Ayant dû avoir recours à la procréation assistée pour tous mes enfants, j’ai eu un suivi plus rigoureux que la majorité des mamans, surtout en début de grossesse. À quelques semaines de gestation, j’ai donc eu droit à une échographie qui a permis au médecin de déterminer que j’avais deux sacs amniotiques et deux foetus. Wow, des jumeaux. On ne pouvait pas dire qu’on ne s’y attendait pas du tout, on m’avait quand même placé deux embryons dans la bedaine (dans le temps, ils faisaient ça pour augmenter les chances de grossesse, mais c’est évident que ça augmentait aussi les chances de grossesses multiples). Des jumeaux !!! Entre l’excitation d’être enfin enceinte et la crainte de la charge supplémentaire de porter non pas un, mais deux enfants, il y avait également la confiance que tout allait bien aller, qu’on était fait forts, qu’on était une équipe à l’épreuve de tout, qu’on pourrait surmonter tous les obstacles.

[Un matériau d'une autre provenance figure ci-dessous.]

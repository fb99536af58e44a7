//! Gates: what each is refused for, which reason comes first, and which gates are counted.

use crate::by_hand::*;
use crate::calls::*;
use bank::Bank;
use board::board::Board;
use front_ends::charge::Charge;
use front_ends::time::Time;
use reader_tests::pair::Pair;
use std::process::Abort;

/// The gate is refused by this number, the counter then is this, and nothing else changed.
fn turns_away<B: Bank>(
    rt: &impl Abort,
    bank: &mut B,
    signal: u8,
    readings: &[u16],
    number: u8,
    counter: u32,
) {
    let waiting = waiting_at(bank, 0);
    let status = read_at(bank, 0, STATUS);
    let mode = read_at(bank, 0, MODE);
    gates(rt, bank, signal, readings, Err(number));
    counts(rt, bank, counter);
    assert_eq!(rt; waiting_at(bank, 0), waiting);
    assert_eq!(rt; read_at(bank, 0, STATUS), status);
    assert_eq!(rt; read_at(bank, 0, MODE), mode);
}

fn takes_32<B: Bank>(rt: &impl Abort, bank: &mut B) {
    let readings = [100; 33];
    turns_away(rt, bank, 0, &readings[0..31], 2, 0);
    turns_away(rt, bank, 0, &readings, 2, 0);
    turns_away(rt, bank, 0, &readings[0..2], 2, 0);
    turns_away(rt, bank, 0, &[], 2, 0);
    gates(rt, bank, 0, &readings[0..32], Ok(Some(32)));
    counts(rt, bank, 1);
    waits(rt, bank, 1);
}

#[test]
fn one_reading_for_each_slot(rt: HostRuntime) {
    takes_32(&rt, &mut Board::new(Time));
    takes_32(&rt, &mut Board::new(Charge));
    let mut board = Board::new(Pair);
    turns_away(&rt, &mut board, 0, &[], 2, 0);
    turns_away(&rt, &mut board, 0, &[100], 2, 0);
    turns_away(&rt, &mut board, 0, &[100; 3], 2, 0);
    turns_away(&rt, &mut board, 0, &[100; 32], 2, 0);
    gates(&rt, &mut board, 0, &[100; 2], Ok(Some(2)));
}

/// Bits 15 to 13 are zero in every slot, also in one that is killed.
#[test]
fn bits_that_must_be_0(rt: HostRuntime) {
    let mut board = Board::new(Pair);
    writes(&rt, &mut board, MODE, OVER_RANGE);
    writes(&rt, &mut board, 0x1092, KILL);
    for reading in [0x2000, 0x2064, 0x3FFF, 0x4000, 0x8000, 0xFFFF] {
        turns_away(&rt, &mut board, 0, &[reading, 0], 3, 0);
        turns_away(&rt, &mut board, 0, &[0, reading], 3, 0);
    }
    gates(&rt, &mut board, 0, &[0x1FFF, 0x1FFF], Ok(Some(1)));
    draws(
        &rt,
        &mut board,
        &[header(31, 0, 1), datum(31, 5, 0xFFF) | OVER, end(31, 0)],
    );
}

#[test]
fn bits_that_must_be_0_in_the_last_slot(rt: HostRuntime) {
    let mut board = Board::new(Charge);
    writes(&rt, &mut board, MODE, OVER_RANGE);
    let mut readings = [0; 32];
    readings[31] = 0x2000;
    turns_away(&rt, &mut board, 0, &readings, 3, 0);
    readings[31] = 0x1FFF;
    gates(&rt, &mut board, 0, &readings, Ok(Some(32)));
}

#[test]
fn signals(rt: HostRuntime) {
    let mut board = Board::new(Pair);
    turns_away(&rt, &mut board, 3, &[100; 2], 4, 0);
    turns_away(&rt, &mut board, 4, &[100; 2], 4, 0);
    turns_away(&rt, &mut board, 255, &[100; 2], 4, 0);
    turns_away(&rt, &mut board, 1, &[100; 2], 21, 1);
    turns_away(&rt, &mut board, 2, &[100; 2], 25, 2);
    waits(&rt, &board, 0);
    gates(&rt, &mut board, 0, &[100; 2], Ok(Some(2)));
    counts(&rt, &board, 3);
}

/// A gate that is not sound is not counted, whatever else stands against it.
fn is_unsound<B: Bank>(rt: &impl Abort, bank: &mut B, counter: u32) {
    for signal in [0, 1, 2, 3, 255] {
        turns_away(rt, bank, signal, &[0x2000], 2, counter);
        turns_away(rt, bank, signal, &[0x2000; 3], 2, counter);
        turns_away(rt, bank, signal, &[], 2, counter);
        turns_away(rt, bank, signal, &[0, 0x2000], 3, counter);
        turns_away(rt, bank, signal, &[0x8000, 0], 3, counter);
    }
    turns_away(rt, bank, 3, &[100; 2], 4, counter);
    turns_away(rt, bank, 255, &[100; 2], 4, counter);
}

/// The counter after each gate: a veto, a fast clear, one under OFFLINE, one under CLEAR DATA, one that stores nothing,
/// 32 that store, and one more.
fn counted<B: Bank>(rt: &impl Abort, bank: &mut B, counters: [u32; 7]) {
    is_unsound(rt, bank, 0);
    turns_away(rt, bank, 1, &[100; 2], 21, counters[0]);
    turns_away(rt, bank, 2, &[100; 2], 25, counters[1]);
    writes(rt, bank, MODE, OFFLINE);
    is_unsound(rt, bank, counters[1]);
    turns_away(rt, bank, 0, &[100; 2], 23, counters[2]);
    writes(rt, bank, MODE_CLEAR, OFFLINE);
    writes(rt, bank, MODE, CLEAR_DATA);
    is_unsound(rt, bank, counters[2]);
    turns_away(rt, bank, 0, &[100; 2], 22, counters[3]);
    writes(rt, bank, MODE_CLEAR, CLEAR_DATA);
    gates(rt, bank, 0, &[0x1000; 2], Ok(None));
    counts(rt, bank, counters[4]);
    for _ in 0..32 {
        gates(rt, bank, 0, &[100; 2], Ok(Some(2)));
    }
    counts(rt, bank, counters[5]);
    is_unsound(rt, bank, counters[5]);
    turns_away(rt, bank, 0, &[100; 2], 24, counters[6]);
}

/// ALL TRG is 1 at power-on: each sound gate is counted.
#[test]
fn all_sound_gates_are_counted(rt: HostRuntime) {
    counted(&rt, &mut Board::new(Pair), [1, 2, 3, 4, 5, 37, 38]);
}

/// ALL TRG is 0: each accepted gate is counted, whether it stores an event or not.
#[test]
fn accepted_gates_are_counted(rt: HostRuntime) {
    let mut board = Board::new(Pair);
    writes(&rt, &mut board, MODE_CLEAR, ALL_TRG);
    counted(&rt, &mut board, [0, 0, 0, 0, 1, 33, 33]);
}

/// The reasons that stand against a sound gate: with a veto, without a signal, with a fast clear.
fn first_reason<B: Bank>(
    rt: &impl Abort,
    bank: &mut B,
    counter: u32,
    [veto, plain, clear]: [u8; 3],
) {
    is_unsound(rt, bank, counter);
    turns_away(rt, bank, 1, &[100; 2], veto, counter);
    turns_away(rt, bank, 0, &[100; 2], plain, counter);
    turns_away(rt, bank, 2, &[100; 2], clear, counter);
}

#[test]
fn the_first_reason_tells(rt: HostRuntime) {
    let mut board = Board::new(Pair);
    writes(&rt, &mut board, MODE_CLEAR, ALL_TRG);
    writes(&rt, &mut board, MODE, OFFLINE);
    first_reason(&rt, &mut board, 0, [21, 23, 23]);
    writes(&rt, &mut board, MODE, CLEAR_DATA);
    first_reason(&rt, &mut board, 0, [21, 22, 22]);
    writes(&rt, &mut board, MODE_CLEAR, OFFLINE);
    first_reason(&rt, &mut board, 0, [21, 22, 22]);
    writes(&rt, &mut board, MODE_CLEAR, CLEAR_DATA);
    for _ in 0..32 {
        gates(&rt, &mut board, 0, &[100; 2], Ok(Some(2)));
    }
    first_reason(&rt, &mut board, 32, [21, 24, 24]);
    writes(&rt, &mut board, MODE, OFFLINE);
    first_reason(&rt, &mut board, 32, [21, 23, 23]);
}

fn veto<B: Bank>(rt: &impl Abort, bank: &mut B, times: u32) {
    for _ in 0..times {
        gates(rt, bank, 1, &[100; 2], Err(21));
    }
}

/// The counter has 24 bits, of which one register shows 16 and one 8.
#[test]
fn the_counter_goes_round(rt: HostRuntime) {
    let mut board = Board::new(Pair);
    veto(&rt, &mut board, 65535);
    reads(&rt, &board, COUNTER_LOW, Ok(0xFFFF));
    reads(&rt, &board, COUNTER_HIGH, Ok(0));
    veto(&rt, &mut board, 1);
    reads(&rt, &board, COUNTER_LOW, Ok(0));
    reads(&rt, &board, COUNTER_HIGH, Ok(1));
    veto(&rt, &mut board, 16_777_215 - 65536);
    reads(&rt, &board, COUNTER_LOW, Ok(0xFFFF));
    reads(&rt, &board, COUNTER_HIGH, Ok(0x00FF));
    gates(&rt, &mut board, 0, &[1, 2], Ok(Some(2)));
    counts(&rt, &board, 0);
    gates(&rt, &mut board, 0, &[3, 4], Ok(Some(2)));
    counts(&rt, &board, 1);
    draws(
        &rt,
        &mut board,
        &[
            header(31, 0, 2),
            datum(31, 5, 1),
            datum(31, 9, 2),
            0xFCFF_FFFF,
        ],
    );
    draws(
        &rt,
        &mut board,
        &[
            header(31, 0, 2),
            datum(31, 5, 3),
            datum(31, 9, 4),
            0xFC00_0000,
        ],
    );
}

À notre échographie de 12 semaines, on arrive à la clinique, confiants et curieux de voir nos 2 amours. On attend dans la salle d’attente pendant que je flatte mon ventre qui n’a pas encore montré le moindre signe qu’il porte en lui la vie et notre prochain défi. On attend et commence à trouver le temps long. On regarde la télévision de la salle d’attente qui nous montre le cycle de reproduction de différents animaux. On trouve ça assez étrange pour la salle d’attente d’une clinique de fertilité, quoique, avouons-le, assez concept. Quand la porte s'ouvre et qu’on croit que c’est notre tour, un couple en sort. La femme pleure à chaudes larmes et l’homme a les yeux rouges, mais tient fermement les épaules de sa conjointe qui semble prête à s’effondrer. C’est difficile à ce moment de ne pas imaginer tous les scénarios de catastrophe pour ce couple et de ne pas imaginer les pires pour nous aussi.

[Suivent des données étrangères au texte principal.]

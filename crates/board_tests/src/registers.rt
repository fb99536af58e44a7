//! Registers: where they stand, which access each has, and which values each takes.

use crate::calls::*;
use bank::Bank;
use board::board::Board;
use front_ends::charge::Charge;
use front_ends::time::Time;
use reader_tests::pair::Pair;
use std::process::Abort;

/// Values that are shown once written, the last of them the highest, and values over the limit.
fn takes<B: Bank>(rt: &impl Abort, bank: &mut B, offset: u16, fit: [u16; 4], over: [u16; 5]) {
    for value in fit {
        writes(rt, bank, offset, value);
        reads(rt, bank, offset, Ok(value));
    }
    for value in over {
        refuses(rt, bank, offset, value, 6);
        reads(rt, bank, offset, Ok(fit[3]));
    }
}

fn takes_up_to_its_limit<B: Bank>(rt: &impl Abort, bank: &mut B, tags: [u16; 2]) {
    takes(
        rt,
        bank,
        GEO,
        [0, 1, 16, 31],
        [32, 33, 0x011F, 0x8000, 0xFFFF],
    );
    takes(
        rt,
        bank,
        CRATE,
        [0, 1, 128, 255],
        [256, 257, 0x01FF, 0x8000, 0xFFFF],
    );
    for tag in tags {
        takes(
            rt,
            bank,
            tag,
            [0, 255, 256, 511],
            [512, 513, 1023, 0x8000, 0xFFFF],
        );
    }
}

#[test]
fn values_up_to_the_limit(rt: HostRuntime) {
    takes_up_to_its_limit(&rt, &mut Board::new(Time), [0x1080, 0x10BE]);
    takes_up_to_its_limit(&rt, &mut Board::new(Charge), [0x1080, 0x10BE]);
    takes_up_to_its_limit(&rt, &mut Board::new(Pair), [0x108A, 0x1092]);
}

/// Every register keeps what was written to it, whatever is written to the others.
fn keeps_apart<B: Bank>(rt: &impl Abort, bank: &mut B) {
    for tag in 0..32 {
        writes(rt, bank, THRESHOLDS + 2 * tag, 3 + 16 * tag);
    }
    writes(rt, bank, GEO, 3);
    writes(rt, bank, CRATE, 5);
    for tag in 0..32 {
        reads(rt, bank, THRESHOLDS + 2 * tag, Ok(3 + 16 * tag));
    }
    reads(rt, bank, GEO, Ok(3));
    reads(rt, bank, CRATE, Ok(5));
    reads(rt, bank, MODE, Ok(0x4880));
    reads(rt, bank, STATUS, Ok(0));
    counts(rt, bank, 0);
}

#[test]
fn registers_are_apart(rt: HostRuntime) {
    keeps_apart(&rt, &mut Board::new(Time));
    keeps_apart(&rt, &mut Board::new(Charge));
}

#[test]
fn registers_that_cannot_be_read(rt: HostRuntime) {
    let board = Board::new(Time);
    for offset in [SOFTWARE_RESET, SKIP, MODE_CLEAR, COUNTER_RESET] {
        reads(&rt, &board, offset, Err(5));
    }
}

#[test]
fn registers_that_cannot_be_written(rt: HostRuntime) {
    let mut board = Board::new(Time);
    gates(&rt, &mut board, 0, &[100; 32], Ok(Some(32)));
    for offset in [STATUS, COUNTER_LOW, COUNTER_HIGH] {
        for value in [0, 1, 0xFFFF] {
            refuses(&rt, &mut board, offset, value, 5);
        }
    }
    counts(&rt, &board, 1);
    waits(&rt, &board, 1);
}

/// Nothing stands beside, before and behind the registers, and at no odd offset.
fn has_nothing_elsewhere<B: Bank>(rt: &impl Abort, bank: &mut B) {
    for offset in [
        0x0000, 0x0002, 0x1000, 0x1001, 0x1003, 0x1004, 0x100D, 0x100F, 0x1017, 0x1025, 0x1027,
        0x1029, 0x1030, 0x1033, 0x1035, 0x1036, 0x103D, 0x1041, 0x107E, 0x107F, 0x1081, 0x1083,
        0x10BD, 0x10BF, 0x10C0, 0x1102, 0x2002, 0x9002, 0xFFFE, 0xFFFF,
    ] {
        reads(rt, bank, offset, Err(5));
        refuses(rt, bank, offset, 0, 5);
        refuses(rt, bank, offset, 0xFFFF, 5);
    }
}

#[test]
fn offsets_without_a_register(rt: HostRuntime) {
    has_nothing_elsewhere(&rt, &mut Board::new(Time));
    has_nothing_elsewhere(&rt, &mut Board::new(Charge));
    has_nothing_elsewhere(&rt, &mut Board::new(Pair));
    let mut board = Board::new(Time);
    writes(&rt, &mut board, 0x1080, 511);
    writes(&rt, &mut board, 0x10BE, 511);
    reads(&rt, &board, 0x1080, Ok(511));
    reads(&rt, &board, 0x10BE, Ok(511));
}

/// Of all offsets so many answer to a read, and so many to a write, the others by number 5.
fn answers<B: Bank>(rt: &impl Abort, bank: &mut B, read: u32, written: u32) {
    let mut refused_reads = 0u32;
    let mut refused_writes = 0u32;
    // Counted in one loop: each read sees what the writes before it left.
    for offset in 0..=0xFFFF {
        if read_at(bank, 0, offset) == Err(5) {
            refused_reads = refused_reads.wrapping_add(1);
        }
        if write_at(bank, 0, offset, 0) == Err(5) {
            refused_writes = refused_writes.wrapping_add(1);
        }
    }
    assert_eq!(rt; refused_reads.wrapping_add(read), 65536);
    assert_eq!(rt; refused_writes.wrapping_add(written), 65536);
}

/// GEO, status, two of the counter, mode and crate are read; GEO, the software reset, skip, two of the mode, crate
/// and the counter reset are written; and each threshold is both.
#[test]
fn all_offsets(rt: HostRuntime) {
    answers(&rt, &mut Board::new(Time), 6 + 32, 7 + 32);
    answers(&rt, &mut Board::new(Charge), 6 + 32, 7 + 32);
    answers(&rt, &mut Board::new(Pair), 6 + 2, 7 + 2);
}

/// A tag that the front end lacks is told before the value is looked at.
#[test]
fn thresholds_of_two_tags(rt: HostRuntime) {
    let mut board = Board::new(Pair);
    for tag in 0..32 {
        let offset = THRESHOLDS + 2 * tag;
        if tag == 5 || tag == 9 {
            writes(&rt, &mut board, offset, 300 + tag);
            refuses(&rt, &mut board, offset, 512, 6);
        } else {
            refuses(&rt, &mut board, offset, 0, 5);
            refuses(&rt, &mut board, offset, 511, 5);
            refuses(&rt, &mut board, offset, 512, 5);
            reads(&rt, &board, offset, Err(5));
        }
    }
    reads(&rt, &board, 0x108A, Ok(305));
    reads(&rt, &board, 0x1092, Ok(309));
}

Le couple est sur le point de quitter quand notre tour arrive. La technicienne nous rencontre et nous fait un léger sourire. Elle sait bien qu’on a hâte et qu’on est excités de voir nos futurs bébés en progression, mais on est finalement un peu plus insécures après la sortie du couple juste avant nous. Elle met le gel sur mon ventre, passe l’appareil près de mon nombril…un bébé. Elle passe vers mon côté droit, sur mon côté gauche, en haut… elle passe partout. Il n’y a qu’un bébé. Il est bien là, bien formé, avec tous ses membres et un petit cœur qui bat à toute allure, mais il est seul. Partagée entre la joie d’avoir ce qui semble être une petite fille en pleine santé et le deuil d’avoir perdu le deuxième qui y était il y a à peine quelques semaines, je reste plutôt neutre. Je prends plusieurs inspirations, regarde mon chum et lui dit en souriant, «Au moins il en reste un ? Ce sera probablement beaucoup plus facile que d’avoir des jumeaux». La technicienne expire et réplique «Fiou, je suis contente que vous le preniez aussi bien, j’aurais mal pris d’être obligée de donner deux mauvaises nouvelles de suite.»
Somme toutes, je suis sortie de mon rendez-vous heureuse et confiante en notre futur. J’ai tout de même eu une petite pensée pour le couple avant nous qui n’avait pas eu cette chance. J’espère sincèrement que depuis le temps, ils ont récupéré le sourire et leur souhaite même le plus beau bébé du monde. Je leur garde un merci secret pour m’avoir permis cette journée-là de réaliser toute l’ampleur de la phrase «Un, c’est mieux que rien».